§ The problem: In the material below, find each line holding the string "println" and copy it.

--- Entries provided Enclosed Below ---

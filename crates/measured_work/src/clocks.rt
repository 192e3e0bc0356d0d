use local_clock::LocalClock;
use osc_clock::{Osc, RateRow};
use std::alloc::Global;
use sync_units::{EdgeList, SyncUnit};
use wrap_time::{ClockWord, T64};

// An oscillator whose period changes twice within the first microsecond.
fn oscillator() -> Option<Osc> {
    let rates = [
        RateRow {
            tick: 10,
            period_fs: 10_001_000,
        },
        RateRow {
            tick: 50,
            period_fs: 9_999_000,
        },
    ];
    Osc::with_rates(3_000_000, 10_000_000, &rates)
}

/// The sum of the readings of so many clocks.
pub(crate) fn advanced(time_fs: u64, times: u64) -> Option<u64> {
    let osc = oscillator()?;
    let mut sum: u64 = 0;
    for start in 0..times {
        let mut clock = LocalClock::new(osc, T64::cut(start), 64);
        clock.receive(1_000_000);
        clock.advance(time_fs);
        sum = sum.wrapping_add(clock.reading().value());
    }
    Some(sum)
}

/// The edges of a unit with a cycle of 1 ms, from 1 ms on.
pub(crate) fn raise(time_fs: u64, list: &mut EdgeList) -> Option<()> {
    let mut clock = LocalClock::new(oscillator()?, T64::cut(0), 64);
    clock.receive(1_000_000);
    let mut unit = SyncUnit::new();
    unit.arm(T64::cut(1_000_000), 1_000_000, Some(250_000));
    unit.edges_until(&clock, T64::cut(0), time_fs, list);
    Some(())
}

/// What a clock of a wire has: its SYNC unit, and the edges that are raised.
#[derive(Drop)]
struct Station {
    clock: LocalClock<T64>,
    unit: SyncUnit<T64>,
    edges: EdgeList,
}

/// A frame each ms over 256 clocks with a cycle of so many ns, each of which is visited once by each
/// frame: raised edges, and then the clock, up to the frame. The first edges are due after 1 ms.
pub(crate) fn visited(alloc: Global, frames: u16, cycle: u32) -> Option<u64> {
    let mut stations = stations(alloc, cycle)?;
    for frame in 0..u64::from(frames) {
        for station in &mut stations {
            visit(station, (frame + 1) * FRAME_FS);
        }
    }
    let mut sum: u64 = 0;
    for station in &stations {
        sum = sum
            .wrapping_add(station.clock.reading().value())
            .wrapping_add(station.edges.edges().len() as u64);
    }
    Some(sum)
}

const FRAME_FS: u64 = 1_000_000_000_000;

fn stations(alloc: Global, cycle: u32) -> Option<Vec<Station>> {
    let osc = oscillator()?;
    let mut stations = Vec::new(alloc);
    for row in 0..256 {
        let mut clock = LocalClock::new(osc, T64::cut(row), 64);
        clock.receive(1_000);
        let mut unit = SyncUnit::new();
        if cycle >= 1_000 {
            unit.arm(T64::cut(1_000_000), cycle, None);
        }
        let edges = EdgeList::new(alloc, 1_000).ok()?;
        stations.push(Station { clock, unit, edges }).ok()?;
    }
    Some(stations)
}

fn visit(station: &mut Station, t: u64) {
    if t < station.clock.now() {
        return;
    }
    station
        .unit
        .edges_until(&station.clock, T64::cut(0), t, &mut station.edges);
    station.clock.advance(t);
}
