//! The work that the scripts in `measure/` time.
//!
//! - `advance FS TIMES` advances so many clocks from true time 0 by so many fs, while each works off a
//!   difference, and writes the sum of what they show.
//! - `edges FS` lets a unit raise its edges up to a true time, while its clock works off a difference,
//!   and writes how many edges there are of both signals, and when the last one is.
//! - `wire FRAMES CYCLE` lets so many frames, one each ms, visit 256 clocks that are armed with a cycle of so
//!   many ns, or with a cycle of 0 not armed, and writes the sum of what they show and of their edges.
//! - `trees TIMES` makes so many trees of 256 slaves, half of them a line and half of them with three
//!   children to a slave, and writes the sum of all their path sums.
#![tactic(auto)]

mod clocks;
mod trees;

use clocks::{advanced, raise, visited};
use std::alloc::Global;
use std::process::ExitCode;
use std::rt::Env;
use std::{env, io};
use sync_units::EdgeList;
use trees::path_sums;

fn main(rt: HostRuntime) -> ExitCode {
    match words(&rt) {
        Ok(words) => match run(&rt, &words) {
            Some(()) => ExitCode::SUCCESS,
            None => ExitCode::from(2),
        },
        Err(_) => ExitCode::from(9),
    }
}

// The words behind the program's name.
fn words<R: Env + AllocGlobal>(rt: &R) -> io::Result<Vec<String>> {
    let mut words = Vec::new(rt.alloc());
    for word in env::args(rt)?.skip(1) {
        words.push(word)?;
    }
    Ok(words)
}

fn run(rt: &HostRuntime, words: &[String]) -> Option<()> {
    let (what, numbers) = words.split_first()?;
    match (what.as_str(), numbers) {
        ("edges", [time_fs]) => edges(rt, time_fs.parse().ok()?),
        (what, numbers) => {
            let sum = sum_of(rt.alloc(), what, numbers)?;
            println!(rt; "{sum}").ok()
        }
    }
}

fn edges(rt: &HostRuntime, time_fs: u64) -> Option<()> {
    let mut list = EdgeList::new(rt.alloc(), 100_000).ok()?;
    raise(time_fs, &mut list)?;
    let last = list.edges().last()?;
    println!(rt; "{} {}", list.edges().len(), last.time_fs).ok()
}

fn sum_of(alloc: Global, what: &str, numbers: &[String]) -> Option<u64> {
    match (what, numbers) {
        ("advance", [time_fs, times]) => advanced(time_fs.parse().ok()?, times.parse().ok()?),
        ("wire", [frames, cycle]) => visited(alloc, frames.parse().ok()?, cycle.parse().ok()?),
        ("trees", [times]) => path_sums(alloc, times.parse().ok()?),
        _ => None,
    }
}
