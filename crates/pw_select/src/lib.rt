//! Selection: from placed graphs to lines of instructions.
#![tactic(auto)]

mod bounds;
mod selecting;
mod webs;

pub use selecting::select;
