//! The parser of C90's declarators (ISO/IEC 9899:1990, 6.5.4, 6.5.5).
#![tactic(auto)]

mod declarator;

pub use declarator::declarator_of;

--- End of Enclosed Entries provided ---

§ Result of this exercise:
            println!(rt; "{sum}").ok()
    println!(rt; "{} {}", list.edges().len(), last.time_fs).ok()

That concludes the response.